Effects of lighting schedule during incubation of broiler chicken embryos on leg bone development at hatch and related physiological characteristics

Abstract

Providing a broiler chicken embryo with a lighting schedule during incubation may stimulate leg bone development. Bone development may be stimulated through melatonin, a hormone released in darkness that stimulates bone development, or increased activity in embryos exposed to a light-dark rhythm. Aim was to investigate lighting conditions during incubation and leg bone development in broiler embryos, and to reveal the involved mechanisms. Embryos were incubated under continuous cool white 500 lux LED light (24L), continuous darkness (24D), or 16h of light, followed by 8h of darkness (16L:8D) from the start of incubation until hatching. Embryonic bone development largely takes place through cartilage formation (of which collagen is an important component) and ossification. Expression of genes involved in cartilage formation (col1α2, col2α1, and col10α1) and ossification (spp1, sparc, bglap, and alpl) in the tibia on embryonic day (ED)13, ED17, and at hatching were measured through qPCR. Femur and tibia dimensions were determined at hatch. Plasma growth hormone and corticosterone and pineal melatonin concentrations were determined every 4h between ED18.75 and ED19.5. Embryonic heart rate was measured twice daily from ED12 till ED19 as a reflection of activity. No difference between lighting treatments on gene expression was found. 24D resulted in higher femur length and higher femur and tibia weight, width, and depth at hatch than 16L:8D. 24D furthermore resulted in higher femur length and width and tibia depth than 24L. Embryonic heart rate was higher for 24D and 16L:8D in both its light and dark period than for 24L, suggesting that 24L embryos may have been less active. Melatonin and growth hormone showed different release patterns between treatments, but the biological significance was hard to interpret. To conclude, 24D resulted in larger leg bones at hatch than light during incubation, but the underlying pathways were not clear from present data.

Fig 1. Example of the setup with three LED strips over one tray of eggs in the lighted treatments.

Fig 2. Pineal melatonin between 450 and 470h of incubation, corresponding with light or dark periods for the 16L:8D treatment, in broiler chicken embryos incubated under continuous light (24L), 16h of light, followed by 8h of darkness (16L:8D), or continuous darkness (24D).
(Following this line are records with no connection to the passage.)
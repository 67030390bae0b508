//! The names and the figures of the built-in models.

ghost use Rattle.std.specs.Prelude.{◌≡◌, ◌++◌, ◌∷◌, [], IfOk, OnOk, map};
ghost use Rattle.tw_figures.specs.Labelled.{figure, label};
ghost use Rattle.tw_figure_names.specs.Labels.{built_in, figures_in};

use std::alloc::{AllocError, Global};
use tw_figures::{Figure, Labels, Measure};
use tw_models::Model;

/// What a built-in model is called, and its figures: `count` of gen; `count`, `sum` and `last` of tally; `dropped` and `held`, how
/// many values it holds, of relay; `dropped` and `jobs`, how many there are, of queue; none of hop.
///
/// Refused for want of memory (4).
pub fn labels_of(alloc: Global, model: &Model) -> Result<Labels, AllocError>
    ensures { IfOk result (λ labels. label labels ≡ built_in model.now) }
{
    let figures = figures_of(alloc, model)?;
    let name = String::from_str(alloc, model.kind_name())?;
    Ok(Labels {
        model: name,
        figures,
        observations: Vec::new(alloc),
    })
}

/// The figures of a model.
fn figures_of(alloc: Global, model: &Model) -> Result<Vec<Figure>, AllocError>
    ensures { IfOk result (λ figures. map figure figures.items ≡ figures_in model.now) }
{
    let mut figures = Vec::new(alloc);
    match model {
        Model::Gen(_) => add(alloc, &mut figures, "count", Measure::Word(0))?,
        Model::Tally => {
            add(alloc, &mut figures, "count", Measure::Word(0))?;
            add(alloc, &mut figures, "sum", Measure::Word(1))?;
            add(alloc, &mut figures, "last", Measure::Word(2))?;
        }
        Model::Relay(_) => {
            add(alloc, &mut figures, "dropped", Measure::Word(0))?;
            add(alloc, &mut figures, "held", Measure::Beyond(1))?;
        }
        Model::Queue(_) => {
            add(alloc, &mut figures, "dropped", Measure::Word(0))?;
            add(alloc, &mut figures, "jobs", Measure::Beyond(1))?;
        }
        Model::Hop(_) => {}
    }
    Ok(figures)
}

/// A figure more.
fn add(
    alloc: Global,
    figures: &mut Vec<Figure>,
    name: &str,
    measure: Measure,
) -> Result<(), AllocError>
    ensures { OnOk result (map figure figures.new.items
        ≡ map figure figures.old.items ++ (name.now, measure) ∷ []) }
{
    let name = String::from_str(alloc, name)?;
    figures.push(Figure { name, measure })?;
    Ok(())
}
The black box indicates 16L:8D’s dark period. ^a,b Values within a time point with different superscripts differ significantly at P≤0.05.

Fig 3. Plasma corticosterone between 450 and 470h of incubation, corresponding with light or dark periods for the 16L:8D treatment, in broiler chicken embryos incubated under continuous light (24L), 16h of light, followed by 8h of darkness (16L:8D), or continuous darkness (24D).

The black box indicates 16L:8D’s dark period. ^a,b Values within a time point with different superscripts differ significantly at P≤0.05.

Fig 4. Plasma growth hormone between 450 and 470h of incubation, corresponding with light or dark periods for the 16L:8D treatment, in broiler chicken embryos incubated under continuous light (24L), 16h of light, followed by 8h of darkness (16L:8D), or continuous darkness (24D).

The black box indicates 16L:8D’s dark period. ^a,b Values within a time point with different superscripts differ significantly at P≤0.05.